Рябушкин еще долго сидел под сосной, но больше уже ни о чем не думал. Запрокинув голову, он смотрел вверх, где медленно темнел в проеме верхушек маленький кусочек неба. Рябушкину показалось, что не так уж он далеко, этот кусочек неба, он рядом, надо только набраться терпения и подождать, когда он станет еще ближе.
На следующий день Рябушкин встретился с Козыриным и отдал ему расписку.
Статью Андрей закончил писать в среду. В четверг еще правил. А в пятницу, уже под вечер, из больницы позвонил Савватеев, спросил, как идут дела. Узнав, что статья готова, велел Андрею никуда не отлучаться, пообещал, что скоро подойдет в редакцию.
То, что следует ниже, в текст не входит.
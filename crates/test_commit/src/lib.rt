//! Tests of `verdict`: COMMITs over a store of five commits.
#![tactic(auto)]

#[cfg(test)]
mod tests;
В пятницу сдавали завтрашнюю газету. По номеру дежурил Косихин, а за редактора по-прежнему оставался Травников. Полосы он обычно читал подолгу и так разрисовывал их поправками, что корректор, линотипист и верстальщик не уставали поминать его "добрым и тихим словом".
По центральной улице прокатил последний автобус, сейчас он сделает круг, вернется и пойдет на Веселый поселок. Владимир Семенович живет в этом поселке и уезжает обычно на последнем автобусе. Сегодня он тоже своего распорядка не нарушил: стукнула дверь соседнего кабинета, забрякал ключ, вставляемый в гнездо, - Травников единственный в редакции, кто запирает дверь на ключ. Слышно было, как он обратился к Косихину:
- Полосы я вычитал, вы газету подпишите, на автобус опаздываю.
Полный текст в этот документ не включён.